Instructions to follow:
Repeat the line that contains "self.old) (item_kinds.Part parts.Resource)" exactly, along with each following line up to and including the last line of the entries.

Exercise input:
####################

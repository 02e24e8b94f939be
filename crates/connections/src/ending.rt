ghost use Rattle.std.specs.Prelude.{◌≡◌};
ghost use Rattle.connections.specs.Fitting.{ending_of};

/// Why a connection was closed.
#[derive(Clone, Copy, Debug, PartialEq, Eq)]
pub enum Ending {
    /// The peer sends no more, and took all that its session was answered.
    Done,
    /// A read or a write failed.
    Fault,
    /// It was idle for as long as is allowed: since the round ended in which something was last read from it or
    /// taken by it.
    Idle,
    /// A stop was ordered.
    Stopped,
    /// What its answers tell of is not on the disk.
    Unsynced,
    /// Memory ran out.
    Memory,
    /// Its session could not be opened, or refused a part.
    Refused,
}

/// Why a session was not opened, or did not hear.
#[derive(Clone, Copy, Debug, PartialEq, Eq)]
pub enum SessionFault {
    /// Memory ran out.
    Memory,
    /// Its number is in use, or too many sessions are open.
    Refused,
}

/// Why a connection is closed whose session was not opened, or did not hear.
pub(crate) fn ending_of(fault: SessionFault) -> Ending
    ensures { result ≡ ending_of fault }
{
    match fault {
        SessionFault::Memory => Ending::Memory,
        SessionFault::Refused => Ending::Refused,
    }
}
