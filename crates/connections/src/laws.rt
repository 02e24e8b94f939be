ghost use Rattle.std.specs.Prelude.{◌≡◌, ℕ, ◌∷◌};
ghost use Rattle.connections.specs.Histories.{History, On, Closes, course};
ghost use Rattle.connections.specs.Soundness.{Here, IsHeard, IsSoundHistory, IsTaken};
ghost use Rattle.connections.specs.Laws.{AlwaysWaitWithin, AreAnsweredWithin, AreInOrder};
ghost use Rattle.connections.specs.declared.ending.Ending.TheVariants.{Done};
ghost use Rattle.textio.specs.declared.some_bytes.TheConstants.{PIECE_SIZE};
ghost use Rattle.connections.specs.declared.loop_limits.TheConstants.{FULL_OUTPUT, LAST_MILLISECONDS, LONGEST_WAIT};

/// A read gives at most 4,096 bytes, nothing is read or heard while more than 65,536 bytes of answers wait,
/// for 5,000 milliseconds after an order to stop answers may still be taken, and a round waits for at most
/// 1,000.
pub fn limits_have_their_values()
    ensures piece { PIECE_SIZE ≡ 4096 }
    ensures output { FULL_OUTPUT ≡ 65536 }
    ensures last { LAST_MILLISECONDS ≡ 5000 }
    ensures wait { LONGEST_WAIT ≡ 1000 }
{}

/// In a sound history, each connection has taken a beginning of what its session was answered, and the
/// session has heard a beginning of what was read, in order and each byte once.
pub fn bytes_stay_in_order()
    ensures { (idle : ℕ) (acts : History) (place : ℕ) → IsSoundHistory idle acts → AreInOrder (course acts place) }
{}

/// A connection that is closed as done has taken all that its session was answered, and the session has
/// heard all that was read.
pub fn done_is_whole()
    ensures { (idle : ℕ) (acts : History) (place : ℕ) → IsSoundHistory idle (On place (Closes Done) ∷ acts) → Here (course acts place) (λ of. IsHeard of × IsTaken of) }
{}

/// Where no part is answered with more than so many bytes, no more than 64 KiB and one such answer ever wait for
/// a connection.
pub fn outputs_are_bounded()
    ensures { (idle most : ℕ) (acts : History) → IsSoundHistory idle acts → AreAnsweredWithin most acts → AlwaysWaitWithin most acts }
{}
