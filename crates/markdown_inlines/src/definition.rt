//! Definitions (CommonMark, "Link reference definitions").
//!
//! In markdown-rs: `on_enter_definition`, `on_exit_definition_id`,
//! `on_exit_definition_destination_string`, `on_exit_definition_title_string`.

ghost use Rattle.std.specs.Prelude.{◌≡◌, ◌≤◌, ◌+◌, None, string_bytes};
ghost use Rattle.markdown_inlines.specs.Definitions.{definition, definition_label};
ghost use Rattle.markdown_parts.specs.PartsSoFar.{GainsWords, IsFresh, ReadsText, misfit_in, placed};
ghost use Rattle.markdown_events.specs.declared.role.ItemKind.TheVariants as item_kinds;
ghost use Rattle.markdown_events.specs.declared.role.Part.TheVariants as parts;
ghost use Rattle.markdown_grammar.specs.Buffers.{node_count};
ghost use Rattle.markdown_grammar.specs.Grammar as models;
ghost use Rattle.markdown_nodes.specs.Tree.{nothing};
ghost use Rattle.markdown_nodes.specs.View.{view, views};

use markdown_grammar::error_kind::{ErrorKind, Stop};
use markdown_nodes::event::Point;
use markdown_nodes::mdast::{Definition, Node};
use markdown_nodes::role::{Content, ItemKind, Part};
use markdown_nodes::steps::Steps;
use markdown_nodes::unist::Position;
use markdown_parts::label::{Identified, identify, named};
use markdown_parts::misfits::at_most_one;
use markdown_parts::slice::Document;
use markdown_parts::value::visible_of;
use std::alloc::Global;

/// The parts of a definition so far: its label, its destination and its title.
///
/// In `[a]: b "c"` they are `a`, `b` and `c`.
#[derive(Drop)]
pub struct DefinitionParts {
    pub label: Option<Identified>,
    pub destination: Option<String>,
    pub title: Option<String>,
}

impl DefinitionParts {
    /// Returns a definition at its enter, at the `[` of `[a]: b "c"`.
    pub fn new() -> DefinitionParts
        ensures { IsFresh (definition result) models.definition }
    {
        DefinitionParts {
            label: None,
            destination: None,
            title: None,
        }
    }

    /// Returns the rule that this item would violate here, if any. A definition accepts one label,
    /// one destination and one title, in any order, and line endings. A repeated part is
    /// `ErrorKind::Repeated`, any other item `ErrorKind::Misplaced`.
    pub fn misfit(&self, what: ItemKind) -> Option<ErrorKind>
        ensures { result ≡ misfit_in (definition self.now) what }
    {
        match what {
            ItemKind::Content(Content::LineEnding) => None,
            ItemKind::Part(Part::DefinitionLabelString) => at_most_one(self.label.is_some()),
            ItemKind::Part(Part::DefinitionDestinationString) => {
                at_most_one(self.destination.is_some())
            }
            ItemKind::Part(Part::DefinitionTitleString) => at_most_one(self.title.is_some()),
            _ => Some(ErrorKind::Misplaced),
        }
    }

    /// Stores the label between two points, with the nodes made in it, in one step for each: `a` in
    /// `[a]: b "c"`. If it is not a text of the document, it is refused as
    /// `ErrorKind::InvalidSlice`.
    pub fn take_label(
        &mut self,
        alloc: Global,
        steps: &mut Steps<'_>,
        document: &Document<'_>,
        nodes: &mut Vec<Node>,
        start: Point,
        end: Point,
    ) -> Result<(), Stop>
        requires { misfit_in (definition self.old) (item_kinds.Part parts.DefinitionLabelString) ≡ None }
        ensures taken { ReadsText document.now parts.DefinitionLabelString (views nodes.old.items) start end
            (definition self.old) (definition self.new) result }
        ensures list { steps.new.events ≡ steps.old.events }
        ensures bound { steps.new.count ≤ steps.old.count + node_count (views nodes.old.items) }
    {
        let visible = visible_of(alloc, document, start, end)?;
        self.label = Some(identify(alloc, steps, visible.as_str(), nodes)?);
        Ok(())
    }

    /// Stores the destination: `b` in `[a]: b "c"`.
    pub fn take_destination(&mut self, destination: String)
        requires { misfit_in (definition self.old) (item_kinds.Part parts.DefinitionDestinationString) ≡ None }
        ensures { GainsWords parts.DefinitionDestinationString (string_bytes destination) (definition self.old) (definition self.new) }
    {
        self.destination = Some(destination);
    }

    /// Stores the title: `c` in `[a]: b "c"`.
    pub fn take_title(&mut self, title: String)
        requires { misfit_in (definition self.old) (item_kinds.Part parts.DefinitionTitleString) ≡ None }
        ensures { GainsWords parts.DefinitionTitleString (string_bytes title) (definition self.old) (definition self.new) }
    {
        self.title = Some(title);
    }

    /// Returns the node of a definition. Without a label its identifier is empty, and without a
    /// destination its URL.
    #[tactic(auto, unfolding(markdown_nodes::specs::View::view))]
    pub fn node(self, alloc: Global, position: Position) -> Node
        ensures { view result ≡ placed (definition_label self) nothing position }
    {
        let DefinitionParts {
            label,
            destination,
            title,
        } = self;
        let (identifier, label) = named(alloc, label);
        Node::Definition(Definition {
            position: Some(position),
            url: destination.unwrap_or(String::new(alloc)),
            title,
            identifier,
            label,
        })
    }
}
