//! Footnote definitions (GFM, "Footnotes").
//!
//! In markdown-rs: `on_enter_gfm_footnote_definition`, `on_exit_definition_id`.

ghost use Rattle.std.specs.Prelude.{◌≡◌, ◌≤◌, ◌+◌, None, option_map, string_bytes};
ghost use Rattle.markdown_inlines.specs.Definitions.{footnote_definition, footnote_label};
ghost use Rattle.markdown_parts.specs.PartsSoFar.{IsFresh, ReadsText, misfit_in, placed};
ghost use Rattle.markdown_events.specs.declared.role.ItemKind.TheVariants as item_kinds;
ghost use Rattle.markdown_events.specs.declared.role.Part.TheVariants as parts;
ghost use Rattle.markdown_grammar.specs.Buffers.{node_count};
ghost use Rattle.markdown_grammar.specs.Grammar as models;
ghost use Rattle.markdown_nodes.specs.Tree as tree;
ghost use Rattle.markdown_nodes.specs.View.{view, views};

use markdown_grammar::error_kind::{ErrorKind, Stop};
use markdown_nodes::event::Point;
use markdown_nodes::mdast::{FootnoteDefinition, Node};
use markdown_nodes::role::{ItemKind, Part};
use markdown_nodes::steps::Steps;
use markdown_nodes::unist::Position;
use markdown_parts::label::{Identified, identify, named};
use markdown_parts::misfits::at_most_one;
use markdown_parts::slice::Document;
use markdown_parts::value::visible_of;
use std::alloc::Global;

/// The parts of a footnote definition so far: its label.
///
/// In `[^a]: b` it is `a`.
#[derive(Drop)]
pub struct FootnoteDefinitionParts {
    pub label: Option<Identified>,
}

impl FootnoteDefinitionParts {
    /// Returns a footnote definition at its enter, at the `[` of `[^a]: b`.
    pub fn new() -> FootnoteDefinitionParts
        ensures { IsFresh (footnote_definition result) models.footnote_definition }
    {
        FootnoteDefinitionParts { label: None }
    }

    /// Returns the rule that this item would violate here, if any. A footnote definition accepts
    /// one label, and content. A second label is `ErrorKind::Repeated`, any other part
    /// `ErrorKind::Misplaced`.
    pub fn misfit(&self, what: ItemKind) -> Option<ErrorKind>
        ensures { result ≡ misfit_in (footnote_definition self.now) what }
    {
        match what {
            ItemKind::Content(_) => None,
            ItemKind::Part(Part::FootnoteDefinitionLabelString) => {
                at_most_one(self.label.is_some())
            }
            ItemKind::Part(_) => Some(ErrorKind::Misplaced),
        }
    }

    /// Stores the label between two points, with the nodes made in it, in one step for each: `a` in
    /// `[^a]: b`. If it is not a text of the document, it is refused as `ErrorKind::InvalidSlice`.
    pub fn take_label(
        &mut self,
        alloc: Global,
        steps: &mut Steps<'_>,
        document: &Document<'_>,
        nodes: &mut Vec<Node>,
        start: Point,
        end: Point,
    ) -> Result<(), Stop>
        requires { misfit_in (footnote_definition self.old) (item_kinds.Part parts.FootnoteDefinitionLabelString) ≡ None }
        ensures taken { ReadsText document.now parts.FootnoteDefinitionLabelString (views nodes.old.items) start end
            (footnote_definition self.old) (footnote_definition self.new) result }
        ensures list { steps.new.events ≡ steps.old.events }
        ensures bound { steps.new.count ≤ steps.old.count + node_count (views nodes.old.items) }
    {
        let visible = visible_of(alloc, document, start, end)?;
        self.label = Some(identify(alloc, steps, visible.as_str(), nodes)?);
        Ok(())
    }

    /// Returns the node of a footnote definition. Without a label its identifier is empty.
    pub fn node(self, alloc: Global, children: Vec<Node>, position: Position) -> Node
        ensures { view result ≡ placed (footnote_label self) (views children.items) position }
    {
        let (identifier, label) = named(alloc, self.label);
        footnote(children, position, identifier, label)
    }
}

/// Returns the node of a footnote definition with this identifier and this label.
fn footnote(
    children: Vec<Node>,
    position: Position,
    identifier: String,
    label: Option<String>,
) -> Node
    ensures { view result
        ≡ placed (tree.footnote_definition (string_bytes identifier) (option_map string_bytes label)) (views children.items) position }
{
    Node::FootnoteDefinition(FootnoteDefinition {
        children,
        position: Some(position),
        identifier,
        label,
    })
}
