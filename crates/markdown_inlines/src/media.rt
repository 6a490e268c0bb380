//! The parts that links and images have in common (CommonMark): a label, and after it a resource or
//! a reference.
//!
//! In markdown-rs: `on_enter_link`, `on_enter_image`, `on_enter_resource`,
//! `on_exit_resource_destination_string`, `on_exit_resource_title_string`, `on_enter_reference` and
//! `on_exit_reference_string`.

ghost use Rattle.std.specs.Prelude.{◌≡◌, ◌≤◌, ◌+◌, None, string_bytes};
ghost use Rattle.markdown_events.specs.declared.role.ItemKind.TheVariants as item_kinds;
ghost use Rattle.markdown_events.specs.declared.role.Part.TheVariants as parts;
ghost use Rattle.markdown_nodes.specs.View.{views};
ghost use Rattle.markdown_grammar.specs.Buffers.{node_count};
ghost use Rattle.markdown_grammar.specs.Grammar as models;
ghost use Rattle.markdown_parts.specs.PartsSoFar.{GainsItem, GainsWords, IsFresh, ReadsText, misfit_in};
ghost use Rattle.markdown_inlines.specs.Labels.{ReadsLabel};
ghost use Rattle.markdown_inlines.specs.Media;
ghost use Rattle.markdown_inlines.specs.Media.{media, reference, resource};

use crate::label::Label;
use markdown_grammar::error_kind::{ErrorKind, Stop};
use markdown_nodes::event::Point;
use markdown_nodes::mdast::Node;
use markdown_nodes::role::{Content, ItemKind, Part};
use markdown_nodes::steps::Steps;
use markdown_parts::label::{Identified, identify};
use markdown_parts::misfits::at_most_one;
use markdown_parts::slice::Document;
use markdown_parts::value::visible_of;
use std::alloc::Global;

/// The parts of a resource so far.
///
/// In `[a](b "c")` the destination is `b` and the title `c`.
#[derive(Drop)]
pub struct ResourceParts {
    pub destination: Option<String>,
    pub title: Option<String>,
}

/// The parts of a reference so far.
///
/// In `[a][b]` the string is `b`, and in `[a][]` there is none.
#[derive(Drop)]
pub struct ReferenceParts {
    pub string: Option<Identified>,
}

/// Where a link or an image leads.
#[derive(Drop)]
pub enum Target {
    /// To the name in its label, as in `[a]`.
    Label,
    /// To an address, as in `[a](b)`.
    Resource(ResourceParts),
    /// To the name in the string of its reference, as in `[a][b]`, or in its label, as in `[a][]`.
    Reference(ReferenceParts),
}

/// The parts of a link or an image so far: its label, and where it leads.
#[derive(Drop)]
pub struct MediaParts<'a> {
    pub label: Option<Label<'a>>,
    pub target: Target,
}

impl ResourceParts {
    /// Returns a resource at its enter, at the `(` of `[a](b "c")`.
    pub fn new() -> ResourceParts
        ensures { IsFresh (resource result) models.resource }
    {
        ResourceParts {
            destination: None,
            title: None,
        }
    }

    /// Returns the rule that this item would violate here, if any. A resource accepts one
    /// destination, one title, and line endings. A repeated part is `ErrorKind::Repeated`, any
    /// other item `ErrorKind::Misplaced`.
    pub fn misfit(&self, what: ItemKind) -> Option<ErrorKind>
        ensures { result ≡ misfit_in (resource self.now) what }
    {
        match what {
            ItemKind::Content(Content::LineEnding) => None,
            ItemKind::Part(Part::ResourceDestinationString) => {
                at_most_one(self.destination.is_some())
            }
            ItemKind::Part(Part::ResourceTitleString) => at_most_one(self.title.is_some()),
            _ => Some(ErrorKind::Misplaced),
        }
    }

    /// Stores the destination: `b` in `[a](b "c")`.
    pub fn take_destination(&mut self, destination: String)
        requires { misfit_in (resource self.old) (item_kinds.Part parts.ResourceDestinationString) ≡ None }
        ensures { GainsWords parts.ResourceDestinationString (string_bytes destination) (resource self.old) (resource self.new) }
    {
        self.destination = Some(destination);
    }

    /// Stores the title: `c` in `[a](b "c")`.
    pub fn take_title(&mut self, title: String)
        requires { misfit_in (resource self.old) (item_kinds.Part parts.ResourceTitleString) ≡ None }
        ensures { GainsWords parts.ResourceTitleString (string_bytes title) (resource self.old) (resource self.new) }
    {
        self.title = Some(title);
    }
}

impl ReferenceParts {
    /// Returns a reference at its enter, at the second `[` of `[a][b]`.
    pub fn new() -> ReferenceParts
        ensures { IsFresh (reference result) models.reference }
    {
        ReferenceParts { string: None }
    }

    /// Returns the rule that this item would violate here, if any. A reference accepts one string,
    /// and line endings. A second string is `ErrorKind::Repeated`, any other item
    /// `ErrorKind::Misplaced`.
    pub fn misfit(&self, what: ItemKind) -> Option<ErrorKind>
        ensures { result ≡ misfit_in (reference self.now) what }
    {
        match what {
            ItemKind::Content(Content::LineEnding) => None,
            ItemKind::Part(Part::ReferenceString) => at_most_one(self.string.is_some()),
            _ => Some(ErrorKind::Misplaced),
        }
    }

    /// Stores the string between two points, with the nodes made in it, in one step for each: `b`
    /// in `[a][b]`. If it is not a text of the document, it is refused as
    /// `ErrorKind::InvalidSlice`.
    pub fn take_string(
        &mut self,
        alloc: Global,
        steps: &mut Steps<'_>,
        document: &Document<'_>,
        nodes: &mut Vec<Node>,
        start: Point,
        end: Point,
    ) -> Result<(), Stop>
        requires { misfit_in (reference self.old) (item_kinds.Part parts.ReferenceString) ≡ None }
        ensures taken { ReadsText document.now parts.ReferenceString (views nodes.old.items) start end
            (reference self.old) (reference self.new) result }
        ensures list { steps.new.events ≡ steps.old.events }
        ensures bound { steps.new.count ≤ steps.old.count + node_count (views nodes.old.items) }
    {
        let visible = visible_of(alloc, document, start, end)?;
        self.string = Some(identify(alloc, steps, visible.as_str(), nodes)?);
        Ok(())
    }
}

impl<'a> MediaParts<'a> {
    /// Returns a link or an image at its enter, at the first `[` of `[a](b)`.
    pub fn new() -> MediaParts<'a>
        ensures { IsFresh (media result) models.media }
    {
        MediaParts {
            label: None,
            target: Target::Label,
        }
    }

    /// Returns the rule that this item would violate here, if any. A link or an image accepts one
    /// label, then one resource or one reference, and line endings. A repeated part is
    /// `ErrorKind::Repeated`, any other item `ErrorKind::Misplaced`.
    pub fn misfit(&self, what: ItemKind) -> Option<ErrorKind>
        ensures { result ≡ misfit_in (media self.now) what }
    {
        let has_label = self.label.is_some();
        match (what, &self.target) {
            (ItemKind::Content(Content::LineEnding), _) => None,
            (ItemKind::Part(Part::LabelText), _) if has_label => Some(ErrorKind::Repeated),
            (ItemKind::Part(Part::LabelText | Part::Resource | Part::Reference), Target::Label) => {
                None
            }
            (ItemKind::Part(Part::Resource), Target::Resource(_)) => Some(ErrorKind::Repeated),
            (ItemKind::Part(Part::Reference), Target::Reference(_)) => Some(ErrorKind::Repeated),
            _ => Some(ErrorKind::Misplaced),
        }
    }

    /// Stores the label between two points, with the nodes made in it: `a` in `[a](b)`. If it is
    /// not a text of the document, it is refused as `ErrorKind::InvalidSlice`.
    pub fn take_label(
        &mut self,
        document: &Document<'a>,
        nodes: Vec<Node>,
        start: Point,
        end: Point,
    ) -> Result<(), Stop>
        requires { misfit_in (media self.old) (item_kinds.Part parts.LabelText) ≡ None }
        ensures { ReadsLabel document.now nodes start end (media self.old) (media self.new) result }
    {
        self.label = Some(Label::read(document, nodes, start, end)?);
        Ok(())
    }

    /// Stores the resource that has ended in it: `(b)` in `[a](b)`.
    pub fn take_resource(&mut self, resource: ResourceParts)
        requires { misfit_in (media self.old) (item_kinds.Part parts.Resource) ≡ None }
        ensures { GainsItem (item_kinds.Part parts.Resource) (Media.resource resource) (media self.old) (media self.new) }
    {
        self.target = Target::Resource(resource);
    }

    /// Stores the reference that has ended in it: `[b]` in `[a][b]`.
    pub fn take_reference(&mut self, reference: ReferenceParts)
        requires { misfit_in (media self.old) (item_kinds.Part parts.Reference) ≡ None }
        ensures { GainsItem (item_kinds.Part parts.Reference) (Media.reference reference) (media self.old) (media self.new) }
    {
        self.target = Target::Reference(reference);
    }
}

####################

Task solution:
        requires { misfit_in (media self.old) (item_kinds.Part parts.Resource) ≡ None }
        ensures { GainsItem (item_kinds.Part parts.Resource) (Media.resource resource) (media self.old) (media self.new) }
    {
        self.target = Target::Resource(resource);
    }

    /// Stores the reference that has ended in it: `[b]` in `[a][b]`.
    pub fn take_reference(&mut self, reference: ReferenceParts)
        requires { misfit_in (media self.old) (item_kinds.Part parts.Reference) ≡ None }
        ensures { GainsItem (item_kinds.Part parts.Reference) (Media.reference reference) (media self.old) (media self.new) }
    {
        self.target = Target::Reference(reference);
    }
}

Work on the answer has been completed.